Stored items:
--------------------------------
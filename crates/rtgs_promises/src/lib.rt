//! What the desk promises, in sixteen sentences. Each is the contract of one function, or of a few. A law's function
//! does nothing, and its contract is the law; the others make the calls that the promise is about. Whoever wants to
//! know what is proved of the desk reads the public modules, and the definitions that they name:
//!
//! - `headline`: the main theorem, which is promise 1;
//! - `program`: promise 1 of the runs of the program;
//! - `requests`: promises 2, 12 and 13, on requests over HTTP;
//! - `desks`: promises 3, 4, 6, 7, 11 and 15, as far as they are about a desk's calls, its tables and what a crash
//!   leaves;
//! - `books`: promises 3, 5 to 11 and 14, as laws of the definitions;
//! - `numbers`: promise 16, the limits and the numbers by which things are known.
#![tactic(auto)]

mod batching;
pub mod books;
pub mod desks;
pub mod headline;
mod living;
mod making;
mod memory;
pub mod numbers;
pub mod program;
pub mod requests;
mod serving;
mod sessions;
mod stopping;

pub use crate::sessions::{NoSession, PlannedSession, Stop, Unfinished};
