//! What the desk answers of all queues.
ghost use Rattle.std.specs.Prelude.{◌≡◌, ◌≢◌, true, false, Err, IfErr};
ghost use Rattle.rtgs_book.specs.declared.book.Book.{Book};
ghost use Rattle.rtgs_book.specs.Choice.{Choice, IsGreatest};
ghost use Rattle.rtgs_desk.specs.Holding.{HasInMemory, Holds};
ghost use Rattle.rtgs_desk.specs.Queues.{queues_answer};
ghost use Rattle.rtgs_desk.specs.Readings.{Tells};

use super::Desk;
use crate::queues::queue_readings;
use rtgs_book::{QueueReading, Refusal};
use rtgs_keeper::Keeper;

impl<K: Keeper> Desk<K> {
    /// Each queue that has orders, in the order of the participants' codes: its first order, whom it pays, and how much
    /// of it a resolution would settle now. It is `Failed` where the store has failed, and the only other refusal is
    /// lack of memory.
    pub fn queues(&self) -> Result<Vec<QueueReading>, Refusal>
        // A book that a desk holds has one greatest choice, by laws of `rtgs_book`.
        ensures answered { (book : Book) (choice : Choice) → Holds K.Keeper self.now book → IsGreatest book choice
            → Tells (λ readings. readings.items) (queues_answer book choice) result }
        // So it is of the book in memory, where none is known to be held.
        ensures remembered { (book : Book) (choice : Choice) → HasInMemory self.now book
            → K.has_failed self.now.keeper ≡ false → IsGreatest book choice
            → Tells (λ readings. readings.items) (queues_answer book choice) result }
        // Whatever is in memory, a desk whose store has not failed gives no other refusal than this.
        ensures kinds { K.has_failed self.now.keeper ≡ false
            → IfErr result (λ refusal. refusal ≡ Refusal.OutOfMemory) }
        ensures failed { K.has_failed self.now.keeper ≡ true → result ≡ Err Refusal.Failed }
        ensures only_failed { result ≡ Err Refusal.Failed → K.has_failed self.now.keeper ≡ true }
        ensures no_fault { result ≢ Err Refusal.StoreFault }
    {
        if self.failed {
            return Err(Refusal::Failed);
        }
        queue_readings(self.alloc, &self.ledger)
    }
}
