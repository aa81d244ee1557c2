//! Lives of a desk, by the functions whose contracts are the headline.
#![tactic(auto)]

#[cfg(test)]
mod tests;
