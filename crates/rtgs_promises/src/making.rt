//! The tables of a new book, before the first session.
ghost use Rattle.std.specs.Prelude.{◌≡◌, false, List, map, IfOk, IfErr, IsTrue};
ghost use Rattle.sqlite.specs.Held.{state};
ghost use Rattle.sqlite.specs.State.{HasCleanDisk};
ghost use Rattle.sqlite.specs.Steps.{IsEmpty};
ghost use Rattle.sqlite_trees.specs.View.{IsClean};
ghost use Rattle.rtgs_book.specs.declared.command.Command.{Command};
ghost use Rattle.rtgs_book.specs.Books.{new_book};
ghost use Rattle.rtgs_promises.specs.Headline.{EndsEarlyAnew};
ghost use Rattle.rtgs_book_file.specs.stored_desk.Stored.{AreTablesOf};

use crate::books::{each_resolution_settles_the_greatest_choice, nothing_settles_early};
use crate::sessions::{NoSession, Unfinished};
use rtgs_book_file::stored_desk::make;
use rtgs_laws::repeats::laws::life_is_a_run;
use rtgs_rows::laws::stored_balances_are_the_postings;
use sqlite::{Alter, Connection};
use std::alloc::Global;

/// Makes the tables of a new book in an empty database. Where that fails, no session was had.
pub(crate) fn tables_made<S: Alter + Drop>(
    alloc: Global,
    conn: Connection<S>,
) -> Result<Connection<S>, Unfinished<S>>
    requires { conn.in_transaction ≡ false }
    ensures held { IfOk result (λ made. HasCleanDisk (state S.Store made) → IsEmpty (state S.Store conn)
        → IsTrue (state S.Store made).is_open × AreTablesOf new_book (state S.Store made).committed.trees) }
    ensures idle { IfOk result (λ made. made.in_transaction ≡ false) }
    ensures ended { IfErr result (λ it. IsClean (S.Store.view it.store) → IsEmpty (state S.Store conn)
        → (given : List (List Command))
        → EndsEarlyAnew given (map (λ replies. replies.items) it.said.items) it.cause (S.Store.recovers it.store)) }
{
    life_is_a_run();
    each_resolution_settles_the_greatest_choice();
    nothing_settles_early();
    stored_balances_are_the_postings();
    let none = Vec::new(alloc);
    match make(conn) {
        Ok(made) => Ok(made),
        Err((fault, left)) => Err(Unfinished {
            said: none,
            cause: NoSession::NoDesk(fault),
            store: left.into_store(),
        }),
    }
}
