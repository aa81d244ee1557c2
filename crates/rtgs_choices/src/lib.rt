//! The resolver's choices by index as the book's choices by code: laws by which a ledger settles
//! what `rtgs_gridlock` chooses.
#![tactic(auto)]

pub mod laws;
--------------------------------
◆ Goal of the exercise ◆
Report only the number of lines, among the records above, that contain the word "first".

◆ Written response ◆
2